Bulgakowa, O., "Glückskind oder verkanntes Genie? Frank Tashlin . . . zig Jahre danach," in Film-Dienst (Cologne), vol. 47, no. 20, 27 September 1994.

Bogaert, Pieter van, "Populaire gevoeligheden: Tashlin Codelli, Lorenzo Ziefeld Tashlin (terug) zien!" in Andere Sinema (Antwerp), no. 125, January-February 1995.


* * *

Frank Tashlin had achieved recognition as a children's writer when he entered the film industry to work in the animation units at Disney and Warner Bros. Both of these early careers would have decisive import for the major films that Tashlin would direct in the 1950s. This early experience allowed Tashlin to see everyday life as a visually surreal experience, as a kind of cartoon itself, and gave him a faith in the potential for natural experience to resist the increased mechanization of everyday life. Tashlin's films of the 1950s are great displays of cinematic technique, particularly as it developed in a TV-fearing Hollywood. They featured a wide-screen sensibility, radiant color, frenetic editing, and a deliberate recognition of film as film. Tashlin's films often resemble live versions of the Warners cartoons. Jerry Lewis, who acted in many of Tashlin's films, seemed perfect for such a visual universe with his reversions to a primal animality, his deformations of physicality, and his sheer irrationality.

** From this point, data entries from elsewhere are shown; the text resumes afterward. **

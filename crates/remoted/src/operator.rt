//! What an operator is told of a server while it serves, and how it is ended.

use crate::clock::unix_time;
use crate::ending::EndFile;
use crate::process::{processor_milliseconds, status};
use crate::standard_error::StandardError;
use crate::watching::{MetricsFile, StopFile};
use command_line::Service;
use figures::{Figures, FolderFigures, HostCounts, ProcessFigures, resident_of};
use host_sockets::{HostSockets, SocketCounts};
use host_wires::{ThisHost, TurnClock};
use job_runs::{Oversight, RunTally};
use made_trees::TreeCounts;
use operator_lines::{Notices, tell_begin, tell_choices, tell_instance, tell_turns};
use serve::{ErrorLines, Sight, Watch};
use server_events::Configs;
use std::alloc::{AllocError, Global};
use std::io;
use std::time::Instant;
use work_folders::FolderCounts;

/// How often there may be lines of one kind about one instance, in milliseconds.
const NOTICES: u64 = 1_000;

/// What is counted beside the server: folders, made trees, jobs that were ended, and what the
/// system refuses.
#[derive(Drop)]
pub struct Counts {
    pub folders: FolderCounts,
    pub trees: TreeCounts,
    pub oversight: Oversight,
    pub sockets: SocketCounts,
}

impl Counts {
    /// Nothing yet, of these instances.
    pub fn new(alloc: Global, configs: &Configs) -> Result<Counts, AllocError> {
        let count = configs.instances().len();
        Ok(Counts {
            folders: FolderCounts::new(alloc, count)?,
            trees: TreeCounts::new(alloc, count)?,
            oversight: Oversight::new(alloc, configs)?,
            sockets: SocketCounts::new(),
        })
    }
}

/// The same, and turns.
#[derive(Clone, Copy)]
pub struct Counters<'a> {
    pub counts: &'a Counts,
    pub turns: &'a TurnClock,
}

impl HostCounts for Counters<'_> {
    fn folders(&self, instance: u32) -> FolderFigures {
        let folders = &self.counts.folders;
        FolderFigures {
            left: folders.left(instance),
            held: folders.held(instance),
            links: folders.links(instance),
            last_with_links: folders.last_with_links(instance),
        }
    }

    fn all_links(&self) -> u64 {
        self.counts.folders.all_links()
    }

    fn trees(&self) -> &TreeCounts {
        &self.counts.trees
    }

    fn runs(&self, instance: u32) -> Option<RunTally> {
        self.counts.oversight.counts.of(instance)
    }

    fn unaccepted(&self) -> u64 {
        self.counts.sockets.unaccepted()
    }

    fn unaccepted_reason(&self) -> io::Error {
        self.counts.sockets.reason()
    }

    fn turn_began(&self) -> Option<Instant> {
        self.turns.began()
    }

    fn has_read(&self) -> bool {
        !self.turns.read().is_empty()
    }

    fn has_read_at(&self, instance: u32) -> bool {
        self.turns.read().has(instance as usize)
    }
}

/// Whoever watches a server for its operator.
#[derive(Drop)]
pub struct Operator<'a> {
    rt: &'a HostRuntime,
    configs: &'a Configs,
    counters: Counters<'a>,
    metrics: Option<MetricsFile<'a>>,
    stop: Option<StopFile<'a>>,
    end: Option<EndFile<'a>>,
    notices: Notices,
    lines: ErrorLines<StandardError>,
    figures: Figures,
    /// When it was looked for notices last.
    noticed: u64,
}

impl<'a> Operator<'a> {
    pub fn new(
        rt: &'a HostRuntime,
        configs: &'a Configs,
        counters: Counters<'a>,
        metrics: Option<MetricsFile<'a>>,
        stop: Option<StopFile<'a>>,
        end: Option<EndFile<'a>>,
    ) -> Result<Operator<'a>, AllocError> {
        let count = configs.instances().len();
        Ok(Operator {
            rt,
            configs,
            counters,
            metrics,
            stop,
            end,
            notices: Notices::new(rt.alloc(), count)?,
            lines: ErrorLines::new(rt.alloc(), StandardError::new(rt), count)?,
            figures: Figures::new(rt.alloc(), count, unix_time(rt), Instant::now(rt).ok())?,
            noticed: 0,
        })
    }

    /// Tells that the server begins, with which version, and then of what it serves: each instance
    /// with its limits and its address, where the figures are, and what ends it.
    pub fn tell_start(&mut self, sockets: &HostSockets<'_, ThisHost<'_>>, service: &Service<'_>) {
        let (alloc, lines) = (self.rt.alloc(), &mut self.lines);
        tell_begin(alloc, self.configs, lines);
        for (number, config) in self.configs.instances().iter().enumerate() {
            if let Some(address) = sockets.address(number as u32) {
                tell_instance(alloc, config, address, lines);
            }
        }
        tell_choices(alloc, self.configs, service, lines);
    }

    /// Tells that the server ends, where figures are written, and where it took all the turns that
    /// it may.
    pub fn tell_end(&mut self, service: &Service<'_>) {
        let turns = self.figures.turns().count();
        tell_turns(self.rt.alloc(), turns, service, &mut self.lines);
    }

    /// Writes the file of figures, where it is due.
    fn write_figures(&mut self, sight: &Sight<'_>) {
        let Some(metrics) = &mut self.metrics else {
            return;
        };
        if !metrics.is_due(sight.moment) {
            return;
        }
        let process = ProcessFigures {
            resident: status(self.rt).and_then(|text| resident_of(text.as_str())),
            processor_milliseconds: processor_milliseconds(),
        };
        let (alloc, path) = (self.rt.alloc(), metrics.path());
        let text = self
            .figures
            .text(alloc, self.configs, sight, &self.counters, process, path);
        // Where memory is refused the file stays as it is until the next time.
        if let Ok(text) = text {
            if let Some(line) = metrics.write(&text, sight.moment) {
                self.lines.write_line(line.as_str());
            }
        }
    }

    /// Has jobs ended where the operator wants that, and tells of it, line by line.
    fn end_jobs(&mut self, sight: &Sight<'_>) {
        let Some(end) = &mut self.end else {
            return;
        };
        for line in end.look(sight).iter() {
            self.lines.write_line(line.as_str());
        }
    }

    /// Tells what an operator should know, once a second.
    fn tell_notices(&mut self, sight: &Sight<'_>) {
        if sight.moment.saturating_sub(self.noticed) < NOTICES {
            return;
        }
        self.noticed = sight.moment;
        self.notices.tell(
            self.rt.alloc(),
            self.configs,
            (sight, self.figures.turns()),
            &self.counters,
            &mut self.lines,
        );
    }
}

impl Watch for Operator<'_> {
    fn look(&mut self, sight: &Sight<'_>) -> bool {
        let now = Instant::now(self.rt).ok();
        self.figures.add_turn(now, sight, &self.counters);
        self.notices.note_links(sight, &self.counters);
        self.end_jobs(sight);
        self.tell_notices(sight);
        self.write_figures(sight);
        match &mut self.stop {
            Some(stop) => !stop.ends(sight.moment),
            None => true,
        }
    }
}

Tashlin's films are also concerned with the ways the modern world is becoming more and more artificial; the films are often filled with icons of the new mass culture (rock and roll, comic books, television, muscle men, Jayne Mansfield, Hollywood) and are quite explicit about the ways such icons are mechanically produced within a consumer society. For example, in Will Success Spoil Rock Hunter?, the successful romance of Rita Marlow (Jayne Mansfield) causes other women to engage in dangerous bust-expanding exercises to the point of nervous exhaustion. Yet the very critique of mass culture by an artist working in a commercial industry creates the central contradiction of Tashlin's cinema: if the danger of modern life is its increasing threat of mechanization, then what is the critical potential of an art based on mechanization? Significantly, Tashlin's films can be viewed as a critique of the ostentatious vulgarity of the new plastic age while they simultaneously seem to revel in creating ever better and more spectacular displays of sheer technique to call attention to that age. The Girl Can't Help It, for instance, chronicles the making of a non-talent (Jayne Mansfield) into a star, viewing the process with a certain cynicism but at the same time participating in that process. These films are vehicles for Mansfield as Mansfield, and are thus somewhat biographical.

As with Jerry Lewis, serious treatment of Tashlin began in France (especially in the pages of Positif, which has always had an attraction to the comic film as an investigator of the Absurd). Anglo-American criticism tended to dismiss Tashlin (for example, Sarris in American Cinema called him "vulgar"). In such a context, Claire Johnston and Paul Willemen's Frank Tashlin had the force of a breakthrough, providing translations from French journals and analyses of the cinematic and ideological implications of Tashlin's work.